§ **Dataset**:
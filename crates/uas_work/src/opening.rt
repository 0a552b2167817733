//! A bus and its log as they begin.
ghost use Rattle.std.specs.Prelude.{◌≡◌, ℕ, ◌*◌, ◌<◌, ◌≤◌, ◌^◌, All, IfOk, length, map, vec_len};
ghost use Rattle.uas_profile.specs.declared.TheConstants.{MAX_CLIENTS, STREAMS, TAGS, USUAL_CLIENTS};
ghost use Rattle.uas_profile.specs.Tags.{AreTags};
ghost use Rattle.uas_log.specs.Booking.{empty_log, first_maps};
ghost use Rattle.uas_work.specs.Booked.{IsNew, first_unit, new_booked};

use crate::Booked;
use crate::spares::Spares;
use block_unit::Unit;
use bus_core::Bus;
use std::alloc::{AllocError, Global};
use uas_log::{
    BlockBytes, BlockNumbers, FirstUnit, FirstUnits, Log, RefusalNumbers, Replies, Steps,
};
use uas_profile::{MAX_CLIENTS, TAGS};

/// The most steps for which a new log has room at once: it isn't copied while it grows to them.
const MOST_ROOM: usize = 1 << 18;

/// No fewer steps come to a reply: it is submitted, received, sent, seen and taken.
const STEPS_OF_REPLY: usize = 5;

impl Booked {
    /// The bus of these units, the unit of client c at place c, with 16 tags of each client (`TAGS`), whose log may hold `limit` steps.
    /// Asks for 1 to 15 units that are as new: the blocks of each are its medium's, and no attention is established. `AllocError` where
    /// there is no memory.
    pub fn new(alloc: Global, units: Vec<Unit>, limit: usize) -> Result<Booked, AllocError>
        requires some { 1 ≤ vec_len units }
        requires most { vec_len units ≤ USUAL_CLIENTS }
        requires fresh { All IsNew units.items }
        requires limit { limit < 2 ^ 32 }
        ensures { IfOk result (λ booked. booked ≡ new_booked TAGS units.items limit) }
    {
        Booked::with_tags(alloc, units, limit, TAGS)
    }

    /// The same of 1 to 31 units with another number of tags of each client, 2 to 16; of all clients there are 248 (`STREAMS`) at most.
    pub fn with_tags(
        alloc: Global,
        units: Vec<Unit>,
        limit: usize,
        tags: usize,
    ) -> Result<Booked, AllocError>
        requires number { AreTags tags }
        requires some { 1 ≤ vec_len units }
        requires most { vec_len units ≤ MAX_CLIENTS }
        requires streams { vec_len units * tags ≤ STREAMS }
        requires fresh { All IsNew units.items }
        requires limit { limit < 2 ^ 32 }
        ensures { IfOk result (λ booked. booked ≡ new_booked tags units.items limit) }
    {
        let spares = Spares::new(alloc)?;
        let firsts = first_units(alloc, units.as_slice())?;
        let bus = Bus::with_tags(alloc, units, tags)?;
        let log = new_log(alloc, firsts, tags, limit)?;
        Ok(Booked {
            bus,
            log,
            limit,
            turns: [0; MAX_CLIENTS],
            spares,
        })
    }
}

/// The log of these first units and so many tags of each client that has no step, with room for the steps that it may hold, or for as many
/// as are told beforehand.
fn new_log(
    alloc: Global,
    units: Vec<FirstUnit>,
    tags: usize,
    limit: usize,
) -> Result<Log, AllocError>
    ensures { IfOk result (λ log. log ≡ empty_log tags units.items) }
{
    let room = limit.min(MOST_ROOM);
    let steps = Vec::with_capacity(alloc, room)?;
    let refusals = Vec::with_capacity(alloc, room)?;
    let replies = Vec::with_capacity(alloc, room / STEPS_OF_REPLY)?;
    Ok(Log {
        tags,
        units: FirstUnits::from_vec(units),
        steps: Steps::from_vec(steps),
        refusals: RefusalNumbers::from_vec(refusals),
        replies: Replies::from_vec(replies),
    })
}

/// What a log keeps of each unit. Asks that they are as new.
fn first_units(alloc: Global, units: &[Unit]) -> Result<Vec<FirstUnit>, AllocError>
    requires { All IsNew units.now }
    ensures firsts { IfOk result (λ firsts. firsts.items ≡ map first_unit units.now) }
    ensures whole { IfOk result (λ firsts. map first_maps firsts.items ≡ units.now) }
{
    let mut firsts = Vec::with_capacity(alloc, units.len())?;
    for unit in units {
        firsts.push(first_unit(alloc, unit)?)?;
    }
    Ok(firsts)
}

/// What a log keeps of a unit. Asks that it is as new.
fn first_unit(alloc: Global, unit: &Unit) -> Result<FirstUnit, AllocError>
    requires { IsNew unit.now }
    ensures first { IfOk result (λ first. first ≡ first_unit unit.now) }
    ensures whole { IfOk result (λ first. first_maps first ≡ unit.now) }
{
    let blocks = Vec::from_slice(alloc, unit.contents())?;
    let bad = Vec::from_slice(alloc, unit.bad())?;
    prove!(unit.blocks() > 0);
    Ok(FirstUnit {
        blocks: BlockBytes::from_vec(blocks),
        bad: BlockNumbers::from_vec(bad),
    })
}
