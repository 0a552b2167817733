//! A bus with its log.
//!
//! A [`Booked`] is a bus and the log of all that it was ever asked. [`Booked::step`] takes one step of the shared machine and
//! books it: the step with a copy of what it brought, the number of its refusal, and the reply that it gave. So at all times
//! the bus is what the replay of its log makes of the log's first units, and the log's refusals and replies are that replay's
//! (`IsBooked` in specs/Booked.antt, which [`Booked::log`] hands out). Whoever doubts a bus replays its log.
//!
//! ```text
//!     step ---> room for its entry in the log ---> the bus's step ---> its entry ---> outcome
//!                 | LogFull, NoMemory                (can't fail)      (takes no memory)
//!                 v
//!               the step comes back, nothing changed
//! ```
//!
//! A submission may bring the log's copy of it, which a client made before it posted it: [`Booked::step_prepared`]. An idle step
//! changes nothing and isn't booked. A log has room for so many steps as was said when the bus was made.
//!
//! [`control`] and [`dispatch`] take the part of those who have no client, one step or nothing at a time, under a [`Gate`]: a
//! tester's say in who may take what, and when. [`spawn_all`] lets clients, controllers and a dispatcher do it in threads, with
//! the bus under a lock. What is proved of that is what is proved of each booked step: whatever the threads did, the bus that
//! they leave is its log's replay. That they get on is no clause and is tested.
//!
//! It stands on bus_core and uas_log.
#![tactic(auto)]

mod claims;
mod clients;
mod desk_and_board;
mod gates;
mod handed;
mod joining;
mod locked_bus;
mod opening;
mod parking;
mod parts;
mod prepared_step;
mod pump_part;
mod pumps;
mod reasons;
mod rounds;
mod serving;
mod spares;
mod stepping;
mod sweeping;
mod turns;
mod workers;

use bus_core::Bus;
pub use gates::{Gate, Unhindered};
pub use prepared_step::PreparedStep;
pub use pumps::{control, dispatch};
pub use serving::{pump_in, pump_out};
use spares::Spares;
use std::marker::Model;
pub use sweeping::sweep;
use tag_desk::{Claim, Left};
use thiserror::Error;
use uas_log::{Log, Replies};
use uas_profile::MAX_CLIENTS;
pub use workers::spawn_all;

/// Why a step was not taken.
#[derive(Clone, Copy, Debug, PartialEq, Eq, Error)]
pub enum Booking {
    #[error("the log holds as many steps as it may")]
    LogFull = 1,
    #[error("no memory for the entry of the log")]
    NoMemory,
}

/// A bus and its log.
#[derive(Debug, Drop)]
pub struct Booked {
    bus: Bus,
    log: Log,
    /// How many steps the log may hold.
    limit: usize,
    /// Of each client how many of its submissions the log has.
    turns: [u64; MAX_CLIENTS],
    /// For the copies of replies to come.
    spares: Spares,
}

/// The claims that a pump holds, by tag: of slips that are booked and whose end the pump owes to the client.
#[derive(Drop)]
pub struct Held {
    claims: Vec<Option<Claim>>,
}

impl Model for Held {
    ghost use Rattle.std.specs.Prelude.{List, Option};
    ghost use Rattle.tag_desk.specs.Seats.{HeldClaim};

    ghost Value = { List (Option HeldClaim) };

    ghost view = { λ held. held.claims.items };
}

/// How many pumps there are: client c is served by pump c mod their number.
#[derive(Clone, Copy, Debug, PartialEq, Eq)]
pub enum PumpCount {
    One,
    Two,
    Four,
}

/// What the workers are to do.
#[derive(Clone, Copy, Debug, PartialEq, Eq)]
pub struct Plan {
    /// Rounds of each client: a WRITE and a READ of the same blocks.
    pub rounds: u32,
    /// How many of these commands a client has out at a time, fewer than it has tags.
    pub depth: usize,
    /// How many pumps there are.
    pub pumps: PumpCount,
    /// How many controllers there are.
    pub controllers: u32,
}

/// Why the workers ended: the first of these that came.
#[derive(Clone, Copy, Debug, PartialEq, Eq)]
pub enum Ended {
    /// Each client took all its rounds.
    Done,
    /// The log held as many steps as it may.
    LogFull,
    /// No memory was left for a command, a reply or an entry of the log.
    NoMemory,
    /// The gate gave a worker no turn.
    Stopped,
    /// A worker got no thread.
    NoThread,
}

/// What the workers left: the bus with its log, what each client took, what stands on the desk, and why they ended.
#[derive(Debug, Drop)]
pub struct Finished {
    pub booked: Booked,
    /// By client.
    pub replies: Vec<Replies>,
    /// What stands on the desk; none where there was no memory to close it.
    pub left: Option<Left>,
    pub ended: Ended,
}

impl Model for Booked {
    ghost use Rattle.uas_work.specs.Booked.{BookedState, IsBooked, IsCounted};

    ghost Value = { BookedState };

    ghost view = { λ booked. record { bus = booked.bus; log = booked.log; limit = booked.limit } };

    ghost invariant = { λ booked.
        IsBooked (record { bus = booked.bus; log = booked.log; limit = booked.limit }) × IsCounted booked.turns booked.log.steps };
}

...

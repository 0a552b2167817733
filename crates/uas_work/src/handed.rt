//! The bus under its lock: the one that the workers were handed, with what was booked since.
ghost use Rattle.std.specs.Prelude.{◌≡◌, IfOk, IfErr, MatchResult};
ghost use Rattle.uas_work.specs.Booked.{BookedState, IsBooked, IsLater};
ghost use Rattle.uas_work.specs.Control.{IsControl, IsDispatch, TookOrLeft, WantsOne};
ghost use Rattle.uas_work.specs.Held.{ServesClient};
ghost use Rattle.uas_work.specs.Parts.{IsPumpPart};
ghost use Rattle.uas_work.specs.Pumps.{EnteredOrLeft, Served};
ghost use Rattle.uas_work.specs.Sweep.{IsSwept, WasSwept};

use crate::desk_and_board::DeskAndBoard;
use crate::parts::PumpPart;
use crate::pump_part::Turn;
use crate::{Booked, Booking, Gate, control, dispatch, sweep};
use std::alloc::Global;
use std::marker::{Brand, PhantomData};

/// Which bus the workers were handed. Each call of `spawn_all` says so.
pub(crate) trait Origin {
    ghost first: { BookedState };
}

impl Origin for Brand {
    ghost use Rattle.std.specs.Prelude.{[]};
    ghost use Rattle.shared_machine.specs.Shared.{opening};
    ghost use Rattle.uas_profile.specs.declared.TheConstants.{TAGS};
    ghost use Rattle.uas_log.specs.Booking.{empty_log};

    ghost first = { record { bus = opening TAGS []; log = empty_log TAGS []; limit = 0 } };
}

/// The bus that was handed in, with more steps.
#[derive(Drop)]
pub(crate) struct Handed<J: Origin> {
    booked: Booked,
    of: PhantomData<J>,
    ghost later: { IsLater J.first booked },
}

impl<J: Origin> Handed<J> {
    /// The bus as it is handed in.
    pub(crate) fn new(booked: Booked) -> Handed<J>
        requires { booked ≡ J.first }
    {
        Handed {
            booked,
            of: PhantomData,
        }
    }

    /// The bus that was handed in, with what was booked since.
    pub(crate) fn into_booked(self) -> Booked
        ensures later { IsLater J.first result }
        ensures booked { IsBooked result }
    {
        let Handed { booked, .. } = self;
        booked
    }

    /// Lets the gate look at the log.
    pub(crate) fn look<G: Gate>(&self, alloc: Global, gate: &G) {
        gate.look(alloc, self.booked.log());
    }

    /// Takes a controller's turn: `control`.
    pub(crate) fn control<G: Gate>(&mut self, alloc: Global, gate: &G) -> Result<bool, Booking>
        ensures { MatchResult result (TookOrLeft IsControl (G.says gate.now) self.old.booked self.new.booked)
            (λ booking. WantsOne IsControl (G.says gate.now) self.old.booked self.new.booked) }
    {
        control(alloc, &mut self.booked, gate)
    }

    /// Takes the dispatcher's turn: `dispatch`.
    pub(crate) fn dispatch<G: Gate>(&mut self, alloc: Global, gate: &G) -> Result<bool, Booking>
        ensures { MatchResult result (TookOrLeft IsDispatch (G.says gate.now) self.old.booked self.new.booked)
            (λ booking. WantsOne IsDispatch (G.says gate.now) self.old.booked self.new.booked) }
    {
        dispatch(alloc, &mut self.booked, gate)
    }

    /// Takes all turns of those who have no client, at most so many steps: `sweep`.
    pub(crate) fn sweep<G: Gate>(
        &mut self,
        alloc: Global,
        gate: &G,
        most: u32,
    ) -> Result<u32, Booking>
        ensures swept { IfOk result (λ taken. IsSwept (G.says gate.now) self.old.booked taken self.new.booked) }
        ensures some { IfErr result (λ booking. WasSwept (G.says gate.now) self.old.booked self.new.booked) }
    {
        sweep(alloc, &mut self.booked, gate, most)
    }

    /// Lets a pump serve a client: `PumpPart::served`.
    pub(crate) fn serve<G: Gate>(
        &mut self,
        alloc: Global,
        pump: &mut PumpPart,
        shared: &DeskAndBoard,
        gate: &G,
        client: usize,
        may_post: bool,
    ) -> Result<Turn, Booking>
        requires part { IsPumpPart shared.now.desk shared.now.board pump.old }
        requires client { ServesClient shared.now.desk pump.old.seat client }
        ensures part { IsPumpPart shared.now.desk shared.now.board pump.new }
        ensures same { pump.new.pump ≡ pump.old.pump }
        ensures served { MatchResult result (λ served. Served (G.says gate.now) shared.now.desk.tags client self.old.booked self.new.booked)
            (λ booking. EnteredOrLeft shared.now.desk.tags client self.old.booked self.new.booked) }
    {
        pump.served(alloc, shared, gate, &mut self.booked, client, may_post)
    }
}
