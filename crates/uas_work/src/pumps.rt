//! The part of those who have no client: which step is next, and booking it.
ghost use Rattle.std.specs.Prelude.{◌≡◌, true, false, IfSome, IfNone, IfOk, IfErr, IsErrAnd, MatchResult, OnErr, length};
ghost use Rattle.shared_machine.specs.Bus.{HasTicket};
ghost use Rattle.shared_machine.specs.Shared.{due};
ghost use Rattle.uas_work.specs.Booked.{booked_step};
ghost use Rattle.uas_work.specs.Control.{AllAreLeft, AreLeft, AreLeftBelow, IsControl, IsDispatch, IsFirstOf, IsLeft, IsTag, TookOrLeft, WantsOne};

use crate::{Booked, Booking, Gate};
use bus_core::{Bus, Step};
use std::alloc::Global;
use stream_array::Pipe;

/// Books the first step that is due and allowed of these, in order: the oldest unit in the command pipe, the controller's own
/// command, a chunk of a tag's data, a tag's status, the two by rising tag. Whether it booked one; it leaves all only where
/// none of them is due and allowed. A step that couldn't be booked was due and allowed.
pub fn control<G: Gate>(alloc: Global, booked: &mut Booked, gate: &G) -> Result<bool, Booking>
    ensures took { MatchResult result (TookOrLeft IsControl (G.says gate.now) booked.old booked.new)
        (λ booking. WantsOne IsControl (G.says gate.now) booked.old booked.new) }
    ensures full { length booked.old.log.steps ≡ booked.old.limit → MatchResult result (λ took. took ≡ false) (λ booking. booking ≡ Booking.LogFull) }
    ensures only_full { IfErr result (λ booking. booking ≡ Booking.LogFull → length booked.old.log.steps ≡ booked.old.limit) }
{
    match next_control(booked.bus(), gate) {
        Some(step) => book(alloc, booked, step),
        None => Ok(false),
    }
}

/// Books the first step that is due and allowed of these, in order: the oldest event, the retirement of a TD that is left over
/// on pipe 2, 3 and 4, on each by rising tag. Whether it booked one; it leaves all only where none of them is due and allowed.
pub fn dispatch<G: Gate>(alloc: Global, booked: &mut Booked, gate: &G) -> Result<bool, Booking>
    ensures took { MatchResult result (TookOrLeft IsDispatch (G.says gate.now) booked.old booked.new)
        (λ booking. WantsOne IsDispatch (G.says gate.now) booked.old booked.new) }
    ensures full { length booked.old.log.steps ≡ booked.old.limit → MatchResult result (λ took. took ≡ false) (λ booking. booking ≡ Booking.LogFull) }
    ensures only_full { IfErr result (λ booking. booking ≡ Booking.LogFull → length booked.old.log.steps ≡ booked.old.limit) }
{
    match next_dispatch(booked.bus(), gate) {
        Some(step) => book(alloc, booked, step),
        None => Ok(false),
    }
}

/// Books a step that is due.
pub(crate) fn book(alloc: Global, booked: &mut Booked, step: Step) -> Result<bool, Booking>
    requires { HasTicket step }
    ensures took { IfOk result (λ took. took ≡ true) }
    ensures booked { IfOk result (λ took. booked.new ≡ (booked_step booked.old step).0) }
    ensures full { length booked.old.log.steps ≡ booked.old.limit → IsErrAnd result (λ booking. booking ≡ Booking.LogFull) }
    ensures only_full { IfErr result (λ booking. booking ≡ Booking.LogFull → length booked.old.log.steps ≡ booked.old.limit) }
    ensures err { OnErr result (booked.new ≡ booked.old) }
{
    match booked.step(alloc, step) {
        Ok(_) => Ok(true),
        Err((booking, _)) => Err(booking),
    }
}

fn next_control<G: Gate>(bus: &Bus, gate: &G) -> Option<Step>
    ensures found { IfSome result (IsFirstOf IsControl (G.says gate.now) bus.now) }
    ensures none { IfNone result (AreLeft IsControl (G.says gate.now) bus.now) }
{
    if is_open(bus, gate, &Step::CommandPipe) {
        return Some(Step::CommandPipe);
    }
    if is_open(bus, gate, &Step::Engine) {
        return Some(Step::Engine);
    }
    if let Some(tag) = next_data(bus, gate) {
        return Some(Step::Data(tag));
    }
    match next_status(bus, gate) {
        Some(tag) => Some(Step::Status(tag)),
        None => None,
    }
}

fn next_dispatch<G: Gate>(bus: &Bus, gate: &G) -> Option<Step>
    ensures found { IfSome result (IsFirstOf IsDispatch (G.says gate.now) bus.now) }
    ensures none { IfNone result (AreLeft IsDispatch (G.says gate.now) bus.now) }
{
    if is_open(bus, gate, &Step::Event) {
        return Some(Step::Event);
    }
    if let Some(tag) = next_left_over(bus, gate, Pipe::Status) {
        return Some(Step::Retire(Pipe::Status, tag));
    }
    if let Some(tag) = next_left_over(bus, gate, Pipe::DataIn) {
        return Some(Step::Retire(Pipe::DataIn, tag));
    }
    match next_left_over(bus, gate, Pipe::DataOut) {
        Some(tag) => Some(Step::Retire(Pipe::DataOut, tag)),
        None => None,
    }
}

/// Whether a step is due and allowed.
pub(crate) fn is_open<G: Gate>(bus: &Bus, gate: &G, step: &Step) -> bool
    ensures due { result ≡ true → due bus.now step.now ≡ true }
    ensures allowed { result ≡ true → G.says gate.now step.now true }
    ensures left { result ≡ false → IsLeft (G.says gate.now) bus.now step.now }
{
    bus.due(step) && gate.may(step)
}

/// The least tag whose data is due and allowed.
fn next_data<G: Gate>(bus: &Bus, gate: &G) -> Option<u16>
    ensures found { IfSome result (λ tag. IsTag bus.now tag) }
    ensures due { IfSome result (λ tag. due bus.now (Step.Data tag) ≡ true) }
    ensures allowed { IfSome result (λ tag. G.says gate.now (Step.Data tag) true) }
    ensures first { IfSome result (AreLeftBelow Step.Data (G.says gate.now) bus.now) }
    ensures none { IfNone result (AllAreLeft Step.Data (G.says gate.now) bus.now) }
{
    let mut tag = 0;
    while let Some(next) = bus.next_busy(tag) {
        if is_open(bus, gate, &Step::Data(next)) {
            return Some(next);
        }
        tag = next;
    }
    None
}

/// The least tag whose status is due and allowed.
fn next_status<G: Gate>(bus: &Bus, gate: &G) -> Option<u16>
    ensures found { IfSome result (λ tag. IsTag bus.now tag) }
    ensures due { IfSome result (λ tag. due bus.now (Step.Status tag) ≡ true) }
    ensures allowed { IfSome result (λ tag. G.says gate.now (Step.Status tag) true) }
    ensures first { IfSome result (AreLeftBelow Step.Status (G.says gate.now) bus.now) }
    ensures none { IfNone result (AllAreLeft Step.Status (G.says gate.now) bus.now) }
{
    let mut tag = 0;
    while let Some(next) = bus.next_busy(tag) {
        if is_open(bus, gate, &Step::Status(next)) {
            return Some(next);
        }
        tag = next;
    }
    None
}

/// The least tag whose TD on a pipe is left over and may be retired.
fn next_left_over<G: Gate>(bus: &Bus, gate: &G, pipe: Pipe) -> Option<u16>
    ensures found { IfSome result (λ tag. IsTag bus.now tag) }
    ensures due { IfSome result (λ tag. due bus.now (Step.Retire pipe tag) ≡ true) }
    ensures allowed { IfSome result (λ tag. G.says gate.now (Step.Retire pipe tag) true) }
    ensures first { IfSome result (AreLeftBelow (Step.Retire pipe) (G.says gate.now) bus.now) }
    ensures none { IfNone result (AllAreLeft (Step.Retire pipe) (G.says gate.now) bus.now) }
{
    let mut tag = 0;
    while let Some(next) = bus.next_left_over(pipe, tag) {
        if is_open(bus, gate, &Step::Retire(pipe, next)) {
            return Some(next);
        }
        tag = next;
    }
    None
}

§ **Your objective**: Which lines of the data contain "Value"? Copy them all.

§ **Answer section**:
    ghost Value = { List (Option HeldClaim) };
    ghost Value = { BookedState };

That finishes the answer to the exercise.